Work to complete: Whenever a line below holds the word "requires", copy that line.

Items from a dataset:

————————

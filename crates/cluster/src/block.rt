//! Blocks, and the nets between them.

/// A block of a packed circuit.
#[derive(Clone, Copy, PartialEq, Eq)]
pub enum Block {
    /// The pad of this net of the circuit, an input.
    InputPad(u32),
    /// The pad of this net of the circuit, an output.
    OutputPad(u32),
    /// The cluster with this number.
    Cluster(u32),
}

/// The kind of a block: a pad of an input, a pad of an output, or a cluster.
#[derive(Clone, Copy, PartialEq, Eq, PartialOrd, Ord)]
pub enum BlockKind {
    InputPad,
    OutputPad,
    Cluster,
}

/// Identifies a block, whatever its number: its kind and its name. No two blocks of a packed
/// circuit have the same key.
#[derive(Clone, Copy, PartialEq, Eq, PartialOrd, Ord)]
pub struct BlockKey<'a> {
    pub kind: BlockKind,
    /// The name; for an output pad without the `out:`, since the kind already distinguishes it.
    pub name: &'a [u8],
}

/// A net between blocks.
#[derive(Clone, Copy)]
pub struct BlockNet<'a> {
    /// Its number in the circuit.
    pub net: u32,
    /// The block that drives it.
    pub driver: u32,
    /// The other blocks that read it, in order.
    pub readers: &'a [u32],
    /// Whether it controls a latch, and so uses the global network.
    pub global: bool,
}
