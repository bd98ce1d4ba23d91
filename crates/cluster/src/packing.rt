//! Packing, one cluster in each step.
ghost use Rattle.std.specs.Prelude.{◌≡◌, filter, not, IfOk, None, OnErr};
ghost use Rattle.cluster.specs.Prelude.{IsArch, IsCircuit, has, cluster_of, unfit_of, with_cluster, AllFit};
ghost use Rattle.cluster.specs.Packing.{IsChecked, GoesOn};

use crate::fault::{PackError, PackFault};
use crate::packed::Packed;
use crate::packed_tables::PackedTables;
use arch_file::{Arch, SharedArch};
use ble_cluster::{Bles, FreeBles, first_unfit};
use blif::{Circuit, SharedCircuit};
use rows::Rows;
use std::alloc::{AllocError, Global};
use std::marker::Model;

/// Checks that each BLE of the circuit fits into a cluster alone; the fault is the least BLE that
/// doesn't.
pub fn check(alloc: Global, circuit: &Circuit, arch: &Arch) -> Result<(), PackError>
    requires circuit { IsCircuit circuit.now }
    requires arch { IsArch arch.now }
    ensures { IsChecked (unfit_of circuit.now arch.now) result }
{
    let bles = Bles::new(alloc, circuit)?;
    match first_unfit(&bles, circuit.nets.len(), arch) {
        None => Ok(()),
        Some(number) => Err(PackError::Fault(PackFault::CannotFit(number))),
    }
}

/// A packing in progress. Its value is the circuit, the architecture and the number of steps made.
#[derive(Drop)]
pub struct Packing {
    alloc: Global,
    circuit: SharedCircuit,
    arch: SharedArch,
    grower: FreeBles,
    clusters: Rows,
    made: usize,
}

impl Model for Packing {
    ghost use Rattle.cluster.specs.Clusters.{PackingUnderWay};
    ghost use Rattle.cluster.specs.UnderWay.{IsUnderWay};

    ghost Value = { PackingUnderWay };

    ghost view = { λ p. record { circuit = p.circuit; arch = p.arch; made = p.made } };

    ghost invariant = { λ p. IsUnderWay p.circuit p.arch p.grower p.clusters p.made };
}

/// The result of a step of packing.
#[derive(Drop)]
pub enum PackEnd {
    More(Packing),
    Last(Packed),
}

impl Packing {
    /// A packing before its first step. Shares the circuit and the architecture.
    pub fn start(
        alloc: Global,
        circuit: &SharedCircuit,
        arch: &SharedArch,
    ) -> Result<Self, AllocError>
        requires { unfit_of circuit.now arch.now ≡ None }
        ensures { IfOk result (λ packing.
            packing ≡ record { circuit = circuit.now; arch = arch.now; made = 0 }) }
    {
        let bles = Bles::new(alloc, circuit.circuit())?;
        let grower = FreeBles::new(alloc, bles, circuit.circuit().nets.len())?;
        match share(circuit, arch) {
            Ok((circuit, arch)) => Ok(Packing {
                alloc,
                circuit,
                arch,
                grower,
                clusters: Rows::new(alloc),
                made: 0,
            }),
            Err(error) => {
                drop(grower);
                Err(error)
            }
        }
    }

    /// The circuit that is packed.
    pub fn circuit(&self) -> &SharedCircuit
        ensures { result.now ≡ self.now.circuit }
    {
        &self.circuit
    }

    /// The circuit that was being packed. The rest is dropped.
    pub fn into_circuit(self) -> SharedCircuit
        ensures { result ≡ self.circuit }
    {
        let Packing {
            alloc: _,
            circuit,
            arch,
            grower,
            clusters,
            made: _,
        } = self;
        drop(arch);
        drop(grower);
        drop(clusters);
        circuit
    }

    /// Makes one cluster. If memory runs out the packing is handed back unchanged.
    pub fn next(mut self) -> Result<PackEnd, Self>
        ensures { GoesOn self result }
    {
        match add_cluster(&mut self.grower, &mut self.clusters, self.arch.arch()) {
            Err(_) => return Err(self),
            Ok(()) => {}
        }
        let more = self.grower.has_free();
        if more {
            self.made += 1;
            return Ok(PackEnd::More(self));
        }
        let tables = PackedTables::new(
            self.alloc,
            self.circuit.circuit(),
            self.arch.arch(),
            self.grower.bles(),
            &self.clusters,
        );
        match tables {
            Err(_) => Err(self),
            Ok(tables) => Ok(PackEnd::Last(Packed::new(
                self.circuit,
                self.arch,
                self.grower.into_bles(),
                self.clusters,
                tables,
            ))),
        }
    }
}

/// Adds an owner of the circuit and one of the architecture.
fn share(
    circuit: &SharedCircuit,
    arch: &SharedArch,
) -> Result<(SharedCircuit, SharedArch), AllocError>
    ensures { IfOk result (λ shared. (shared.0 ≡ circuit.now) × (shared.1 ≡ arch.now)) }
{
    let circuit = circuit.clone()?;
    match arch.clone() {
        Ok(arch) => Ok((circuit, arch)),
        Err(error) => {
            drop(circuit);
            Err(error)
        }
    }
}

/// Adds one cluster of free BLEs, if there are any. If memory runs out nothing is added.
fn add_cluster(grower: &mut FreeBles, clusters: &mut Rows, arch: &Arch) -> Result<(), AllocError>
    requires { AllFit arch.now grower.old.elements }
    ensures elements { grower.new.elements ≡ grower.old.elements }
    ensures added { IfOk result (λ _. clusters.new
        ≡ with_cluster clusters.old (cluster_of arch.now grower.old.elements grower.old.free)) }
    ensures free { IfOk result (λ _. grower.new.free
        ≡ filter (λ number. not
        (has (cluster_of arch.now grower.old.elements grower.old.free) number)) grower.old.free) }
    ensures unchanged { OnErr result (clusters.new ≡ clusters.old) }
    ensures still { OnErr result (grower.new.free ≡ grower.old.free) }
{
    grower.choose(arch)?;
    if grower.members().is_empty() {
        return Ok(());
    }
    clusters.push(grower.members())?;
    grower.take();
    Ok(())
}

————————

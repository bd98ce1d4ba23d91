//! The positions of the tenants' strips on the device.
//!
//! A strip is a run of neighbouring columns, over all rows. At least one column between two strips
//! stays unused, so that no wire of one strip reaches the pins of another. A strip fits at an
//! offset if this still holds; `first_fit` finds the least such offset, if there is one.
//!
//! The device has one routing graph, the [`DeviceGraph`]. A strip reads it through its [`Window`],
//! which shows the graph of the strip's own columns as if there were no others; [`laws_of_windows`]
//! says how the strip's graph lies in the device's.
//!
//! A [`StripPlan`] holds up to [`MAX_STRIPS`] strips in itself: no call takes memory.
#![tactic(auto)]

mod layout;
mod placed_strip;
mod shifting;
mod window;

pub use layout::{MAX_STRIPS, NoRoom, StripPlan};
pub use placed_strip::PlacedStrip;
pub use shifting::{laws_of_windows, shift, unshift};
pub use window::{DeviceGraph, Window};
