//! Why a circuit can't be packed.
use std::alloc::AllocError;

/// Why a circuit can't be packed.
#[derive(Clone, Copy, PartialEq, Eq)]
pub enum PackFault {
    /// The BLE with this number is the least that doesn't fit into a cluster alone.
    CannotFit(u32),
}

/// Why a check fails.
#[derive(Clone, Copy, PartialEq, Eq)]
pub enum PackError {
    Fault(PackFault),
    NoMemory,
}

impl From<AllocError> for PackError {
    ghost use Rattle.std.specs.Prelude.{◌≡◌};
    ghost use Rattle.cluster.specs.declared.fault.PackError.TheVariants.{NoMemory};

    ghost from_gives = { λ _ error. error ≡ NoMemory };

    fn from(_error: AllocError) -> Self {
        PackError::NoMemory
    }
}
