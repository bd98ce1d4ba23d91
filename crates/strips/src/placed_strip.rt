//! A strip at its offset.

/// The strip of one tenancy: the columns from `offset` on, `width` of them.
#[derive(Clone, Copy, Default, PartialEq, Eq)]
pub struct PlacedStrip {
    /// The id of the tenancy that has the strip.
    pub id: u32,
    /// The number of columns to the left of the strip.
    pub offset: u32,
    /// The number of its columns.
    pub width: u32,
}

————————

Task solution:
    requires circuit { IsCircuit circuit.now }
    requires arch { IsArch arch.now }
        requires { unfit_of circuit.now arch.now ≡ None }
    requires { AllFit arch.now grower.old.elements }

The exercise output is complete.